He sat back down at the desk, and this time decided to look through the other notes, the other journals. These were written in everything from plain text, to the very same substitution cipher as the old journal, to unencoded old Ikesian, with seemingly no correlation between the importance of the writing and how heavily obfuscated its meaning was.
Some of the notes were simple scraps of paper with reminders on them, while others were entire self-contained theories that covered both sides of the paper they were written on. He even found a substantial wad of loose notes that had been bound together with twine into a makeshift, vaguely book-shaped collection.
This… Was a deeper rabbithole than he had the mental energy to delve into right now.
One note that stuck out to him was located right next to the resting spot of the worn journal, written in hasty cursive.
Likely lab location:
-------
Expedition risky
Must take risks
Where the location would have been, the note had clearly been ripped apart and stapled back together, but the edges didn’t align. Clearly the piece that the location had been written on was at some point removed.
Makhus sighed in frustration and turned away from the desk, but not before placing the old journal into one of the drawers. His gaze fell upon the alchemic still in the corner, and he decided he may as well clean it out, grumbling, “Swear to the Sage, she better not be a fuckin’ homunculus. Too goddamn convenient...”
“When all beauty is tarnished, when all thought is profaned, they'll cry out for men to invoke the iron rods again…” Sigmund sang along as he mopped the store, even though he couldn’t actually hear half of what the street performer was singing. He knew the song by heart, every word and every beat. It was one of the many, many old folk songs that had been revived in the wake of the war, a word changed here and there to fit the new political landscape and produce yet greater offense from those they were meant to target.
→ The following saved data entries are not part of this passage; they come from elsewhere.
//! The calls on an inner node's children: look-up, a further one, and the split of a full node.

ghost use Rattle.std.specs.Prelude.{◌≡◌, ◌≢◌, ◌<◌, ◌≤◌, ◌+◌, ℕ, length, IfOk, None, OnOk, OnErr, MatchOption, MatchResult};
ghost use Rattle.vm_map.specs.Map.{Rises};
ghost use Rattle.vm_page.specs.Sizes.{IsSize};
ghost use Rattle.vm_tree_model.specs.Fixed.{fixed, capacity};
ghost use Rattle.vm_tree_model.specs.Node.{Covers};
ghost use Rattle.vm_tree_model.specs.Page.{pairs_of, node_of, IsInner};
ghost use Rattle.vm_tree_model.specs.Edits.{IsFullFor, AddsPair, IsRefused, IsSplit};
ghost use Rattle.vm_node.specs.Edited.{edited};
ghost use Rattle.vm_node.specs.Loads.{Tells};
ghost use Rattle.vm_node.specs.Sizes.{looks_for};
ghost use Rattle.vm_inner.specs.Found.{FindsChild, FindsChildIn, FindsNoChild};

use vm_node::pairs::{count_at, upper_bound_at};
use vm_node::{Edit, Full, Place, in_buffer, put, put_edit, split};
use vm_page::PageBuf;

/// A child of an inner node, with keys of the type `T`: its page, and its low fence; its high fence is the next key, or the node's where there is none.
#[derive(Clone, Copy, Debug, Drop, PartialEq, Eq)]
pub struct Fenced<T> {
    pub page: u64,
    pub low: T,
    pub next: Option<T>,
}

/// The child whose range has the key, of any page whose keys rise: that of the last pair whose key is not above. Of other pages it is that of a
/// pair whose key is not above, or none where the first pair's key is. From at most 7 words loaded of a page of 64,
/// and 10 of one of 512, among them the keys on both sides.
pub fn child_at<P: Place>(place: &mut P, words: usize, key: u64) -> Option<Fenced<u64>>
    requires ready { P.ready place.old }
    requires sized { IsSize words }
    requires size { P.size place.old ≡ words }
    ensures ready { P.ready place.new }
    ensures size { P.size place.new ≡ words }
    ensures told { Tells words P.loads place.old (looks_for words + 2) place.new (λ page.
        MatchOption result (FindsNoChild (fixed words) page key) (λ child. FindsChildIn (fixed words) page key child.page child.low child.next)) }
    ensures sides { MatchOption result (Unit {0}) (λ child. (child.low ≤ key) × MatchOption child.next (Unit {0}) (λ above. key < above)) }
{
    let count = count_at(place, words);
    let above = upper_bound_at(place, words, count, key);
    if above.at == 0 {
        return None;
    }
    Some(Fenced {
        page: place.word(7 + 2 * above.at),
        low: above.low,
        next: above.next,
    })
}

/// The page of that child, of a page in a buffer. An inner node that covers the key has such a child.
pub fn child<const N: usize>(page: &PageBuf<N>, key: u64) -> Option<u64>
    requires { IsSize N }
    ensures child { MatchOption result (FindsNoChild (fixed N) page.now key) (FindsChild (fixed N) page.now key) }
    ensures there { IsInner (fixed N) page.now → Covers (node_of (fixed N) page.now) key → result ≢ None }
{
    let mut place = in_buffer(page);
    match child_at(&mut place, N, key) {
        Some(found) => Some(found.page),
        None => None,
    }
}

/// Puts a child's page at its lowest key, over the one that is there, in any page whose keys rise. `Full` comes exactly where the node has no place
/// for a pair more and not the key; the page is then unchanged.
pub fn add<const N: usize>(page: &mut PageBuf<N>, key: u64, child: u64) -> Result<(), Full>
    requires { IsSize N }
    ensures node { (low high : ℕ) → Rises low high (pairs_of (fixed N) page.old) → OnOk result (AddsPair (fixed N) page.old page.new key child) }
    ensures refused { OnErr result (IsRefused (fixed N) page.old page.new key) }
    ensures full { IsInner (fixed N) page.old → MatchResult result (λ _. ¬ (IsFullFor (fixed N) page.old key)) (λ _. IsFullFor (fixed N) page.old key) }
    ensures inner { IsInner (fixed N) page.old → Covers (node_of (fixed N) page.old) key → IsInner (fixed N) page.new }
{
    put(page, key, child)?;
    Ok(())
}

/// What `add` changes, of any page whose keys rise; nothing is written. `Full` comes exactly where the node has no place for a pair more
/// and not the key.
pub fn add_edit<const N: usize>(page: &PageBuf<N>, key: u64, child: u64) -> Result<Edit, Full>
    requires { IsSize N }
    ensures node { (low high : ℕ) → Rises low high (pairs_of (fixed N) page.now)
        → IfOk result (λ edit. AddsPair (fixed N) page.now (edited N page.now edit) key child) }
    ensures refused { OnErr result (IsRefused (fixed N) page.now page.now key) }
    ensures full { IsInner (fixed N) page.now → MatchResult result (λ _. ¬ (IsFullFor (fixed N) page.now key)) (λ _. IsFullFor (fixed N) page.now key) }
    ensures inner { IsInner (fixed N) page.now → Covers (node_of (fixed N) page.now) key → IfOk result (λ edit. IsInner (fixed N) (edited N page.now edit)) }
{
    let (_, edit) = put_edit(page, key, child)?;
    Ok(edit)
}

/// Splits a full inner node: the first half of its pairs stays, 14 of 28 or 126 of 252, and the other half makes the right sibling. What
/// `right` held before is lost. Gives the separator, which is the first key of the sibling and its low fence.
pub fn split_inner<const N: usize>(page: &mut PageBuf<N>, right: &mut PageBuf<N>) -> u64
    requires sized { IsSize N }
    requires full { length (pairs_of (fixed N) page.old) ≡ capacity N }
    ensures halves { IsSplit (fixed N) page.old page.new right.new result }
    ensures left_inner { IsInner (fixed N) page.old → IsInner (fixed N) page.new }
    ensures right_inner { IsInner (fixed N) page.old → IsInner (fixed N) right.new }
{
    split(page, right)
}
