//! The growth of a tree by a new root.

ghost use Rattle.std.specs.Prelude.{◌<◌, ◌≤◌};
ghost use Rattle.vm_page.specs.Sizes.{IsSize};
ghost use Rattle.vm_tree_model.specs.Fixed.{fixed};
ghost use Rattle.vm_tree_model.specs.Page.{IsInner};
ghost use Rattle.vm_tree_model.specs.Edits.{IsNewRoot};

use vm_node::header::{Header, write_header};
use vm_page::PageBuf;

// The tag of an inner node.
const INNER: u64 = 3;

/// Makes the page a root over two nodes: `left` from key 0 on, and `right` from the separator on. What the page held
/// before is lost. It is an inner node where the level is 1 or more and the separator is above 0.
pub fn new_root<const N: usize>(
    page: &mut PageBuf<N>,
    level: u64,
    left: u64,
    separator: u64,
    right: u64,
)
    requires { IsSize N }
    ensures root { IsNewRoot (fixed N) page.new level left separator right }
    ensures inner { 1 ≤ level → 0 < separator → IsInner (fixed N) page.new }
{
    *page = PageBuf::zero();
    write_header(
        page,
        Header {
            tag: INNER,
            count: 2,
            low: 0,
            high: 0,
            endless: 1,
            level,
        },
    );
    page.set(9, left);
    page.set(10, separator);
    page.set(11, right);
}
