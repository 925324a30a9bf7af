//! Inner nodes on the words of a page, which are 64 or 512: the child that answers for a key, a further child, the split, a new root, and two neighbouring
//! children, of which one goes.
//!
//! Every call works on any words, also on words that no one validated: a count above 28, or 252, is read as that. None
//! takes memory.
#![tactic(auto)]

mod children;
mod neighbours;
mod root;

pub use children::{Fenced, add, add_edit, child, child_at, split_inner};
pub use neighbours::{ChildPair, beside, remove_edit};
pub use root::new_root;
pub use vm_node::Full;
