//! What an inner node needs where two of its children become one: which two they are, and the edit that takes the right one out.

ghost use Rattle.std.specs.Prelude.{◌≡◌, ◌<◌, ℕ, IfSome, MatchOption};
ghost use Rattle.std.specs.Option.{option_map};
ghost use Rattle.vm_map.specs.Map.{Rises, lookup_at};
ghost use Rattle.vm_page.specs.Sizes.{IsSize};
ghost use Rattle.vm_tree_model.specs.Fixed.{fixed};
ghost use Rattle.vm_tree_model.specs.Page.{pairs_of, node_of, IsInner};
ghost use Rattle.vm_tree_model.specs.Edits.{TakesPair};
ghost use Rattle.vm_node.specs.Edited.{edited};
ghost use Rattle.vm_inner.specs.Neighbours.{AreBeside, HasNoPair};

use vm_node::pairs::{count_of, key_at, upper_bound_at, value_at};
use vm_node::{Edit, del_edit, in_buffer};
use vm_page::PageBuf;

/// Two children of an inner node, one behind the other, with keys of the type `T`: the pages of both, and their low fences.
#[derive(Clone, Copy, Debug, Drop, PartialEq, Eq)]
pub struct ChildPair<T> {
    pub left: u64,
    pub low: T,
    pub right: u64,
    pub separator: T,
}

/// The child whose range has the key and the next one, or the one before where it is the last, of any page whose keys rise. None where there is one child
/// at most, or none for the key.
pub fn beside<const N: usize>(page: &PageBuf<N>, key: u64) -> Option<ChildPair<u64>>
    requires { IsSize N }
    ensures { (low high : ℕ) → Rises low high (pairs_of (fixed N) page.now)
        → MatchOption result (HasNoPair (fixed N) page.now key) (λ b. AreBeside (fixed N) page.now key b.low b.left b.separator b.right) }
{
    let count = count_of(page);
    let mut place = in_buffer(page);
    let at = upper_bound_at(&mut place, N, count, key).at;
    if at == 0 || count < 2 {
        return None;
    }
    // The place of the left one: the child of the key stands before `at`, and the last child is no left one.
    let first = at.min(count - 1) - 1;
    Some(ChildPair {
        left: value_at(page, first),
        low: key_at(page, first),
        right: value_at(page, first + 1),
        separator: key_at(page, first + 1),
    })
}

/// What it changes in any page whose keys rise that the child of this lowest key goes, and the child's page; none where there is no such child. An inner node
/// stays one, if the key is not its low fence.
pub fn remove_edit<const N: usize>(page: &PageBuf<N>, key: u64) -> Option<(u64, Edit)>
    requires { IsSize N }
    ensures child { (low high : ℕ) → Rises low high (pairs_of (fixed N) page.now) → option_map (λ r. r.0) result ≡ lookup_at (pairs_of (fixed N) page.now) key }
    ensures node { (low high : ℕ) → Rises low high (pairs_of (fixed N) page.now)
        → IfSome result (λ r. TakesPair (fixed N) page.now (edited N page.now r.1) key) }
    ensures inner { IsInner (fixed N) page.now → (node_of (fixed N) page.now).low < key → IfSome result (λ r. IsInner (fixed N) (edited N page.now r.1)) }
{
    del_edit(page, key)
}
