// A test of a store by worked schedules: each event and each reply to it, at replicas of both bodies. The folder `cases`
// has more, which are run over the one body that `run` has.
// It has no contract of its own, and no crate depends on it.
#![tactic(auto)]

#[cfg(test)]
mod levels;
#[cfg(test)]
mod replies;
#[cfg(test)]
mod worked;
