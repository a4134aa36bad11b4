use ql_base::{EffId, IdSet, NoMemory, push_bytes, push_number};
use ql_exec::Execution;
use ql_machine::{Reply, Why};
use ql_value::print_value;

/// Appends replies with semicolons between them. A call's reply shows the answer of its effect.
pub(crate) fn push_replies(
    out: &mut Vec<u8>,
    replies: &[Reply],
    x: &Execution,
) -> Result<(), NoMemory> {
    let mut mark: &[u8] = b"";
    for reply in replies {
        push_bytes(out, mark)?;
        push_reply(out, reply, x)?;
        mark = b"; ";
    }
    Ok(())
}

fn push_reply(out: &mut Vec<u8>, reply: &Reply, x: &Execution) -> Result<(), NoMemory> {
    match reply {
        Reply::Ok(id) => push_answer(out, *id, x),
        Reply::Begun => push_bytes(out, b"begun"),
        Reply::Committed(ids) => push_ids(out, b"committed", ids),
        Reply::Blocked(id) => push_numbered(out, b"blocked ", id.0),
        Reply::Unavailable(replica) => push_numbered(out, b"unavailable ", replica.0),
        Reply::Held(session) => push_numbered(out, b"held ", session.0),
        Reply::Cut => push_bytes(out, b"cut"),
        Reply::Gone => push_bytes(out, b"gone"),
        Reply::Again => push_bytes(out, b"again"),
        Reply::Waits(id) => push_numbered(out, b"waits ", id.0),
        Reply::Applies(ids) => push_ids(out, b"applies", ids),
        Reply::Lost => push_bytes(out, b"lost"),
        Reply::Split => push_bytes(out, b"split"),
        Reply::Healed => push_bytes(out, b"healed"),
        Reply::Joined(replica) => push_numbered(out, b"joined ", replica.0),
        Reply::Sent(m) => push_numbered(out, b"sent ", m.0),
        Reply::Refused(why) => push_numbered(out, b"refused ", number_of(*why)),
    }
}

fn push_answer(out: &mut Vec<u8>, id: EffId, x: &Execution) -> Result<(), NoMemory> {
    push_numbered(out, b"ok ", id.0)?;
    if id.0 == 0 || id.0 > x.len() {
        return push_bytes(out, b" of no effect");
    }
    push_bytes(out, b" ")?;
    print_value(out, &x.get(id).answer)
}

fn push_ids(out: &mut Vec<u8>, word: &[u8], ids: &IdSet) -> Result<(), NoMemory> {
    push_bytes(out, word)?;
    for id in ids.items() {
        push_numbered(out, b" ", *id)?;
    }
    Ok(())
}

fn push_numbered(out: &mut Vec<u8>, word: &[u8], number: u32) -> Result<(), NoMemory> {
    push_bytes(out, word)?;
    push_number(out, number)
}

fn number_of(why: Why) -> u32 {
    match why {
        Why::AlreadyOpen => 1,
        Why::NotOpen => 2,
        Why::Undeclared => 3,
        Why::Unused => 4,
        Why::Absent => 5,
    }
}
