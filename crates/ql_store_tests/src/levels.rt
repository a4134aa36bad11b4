ghost use Rattle.std.specs.Prelude.{IfOk, IfSome};
ghost use Rattle.ql_store.specs.Levels.{HasLevelOfEach};

use ql_base::NoMemory;
use ql_levels::{Level, Levels, TxnLevel};
use ql_typing::Typed;
use std::alloc::Global;

/// The levels of a program's operations and transactions, by their words in order.
pub(crate) fn levels_of(
    alloc: Global,
    typed: &Typed,
    words: &str,
) -> Result<Option<Levels>, NoMemory>
    ensures { IfOk result (λ found. IfSome found (HasLevelOfEach typed.now.program)) }
{
    let mut ops = Vec::new(alloc);
    let mut txns = Vec::new(alloc);
    for word in words.split(' ') {
        push_level(&mut ops, &mut txns, word)?;
    }
    Ok(levels_for(typed, ops, txns))
}

fn push_level(ops: &mut Vec<Level>, txns: &mut Vec<TxnLevel>, word: &str) -> Result<(), NoMemory> {
    match word {
        "eventual" => ops.push(Level::Eventual)?,
        "causal" => ops.push(Level::Causal)?,
        "wide" => ops.push(Level::Wide)?,
        "strong" => ops.push(Level::Strong)?,
        "rc" => txns.push(TxnLevel::Rc)?,
        "mav" => txns.push(TxnLevel::Mav)?,
        _ => txns.push(TxnLevel::Rr)?,
    }
    Ok(())
}

// Levels, if there is one for each operation and each transaction.
fn levels_for(typed: &Typed, ops: Vec<Level>, txns: Vec<TxnLevel>) -> Option<Levels>
    ensures { IfSome result (HasLevelOfEach typed.now.program) }
{
    if ops.len() != typed.ops() as usize {
        return None;
    }
    if txns.len() != typed.txns() as usize {
        return None;
    }
    Some(Levels::of(ops, txns))
}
The historian side of him found it boundlessly intriguing, whilst the patriotic side screamed out to be heard and demanded him to let go of the ironclad shackles he had placed around his own emotions. “Now this our secret flame will illuminate the night, and its sparks fly on the wind and set the world alight,” he continued singing to himself, allowing himself just a twinge of heartfelt pride for the resilience of his nation. The smaller seizures weren’t that much of an annoyance anyway, just a few seconds of locked-up joints and the occasional jitter.
As expected, he felt the heat rising in his chest and his movements stiffening, and he fought it not with hard resistance, but by letting go. The historian flipped a switch in his head and smoothed out his breathing, his movements going from the step-by-step dance natural to humans to a snakelike flow that even a locked-up joint or two couldn’t stop.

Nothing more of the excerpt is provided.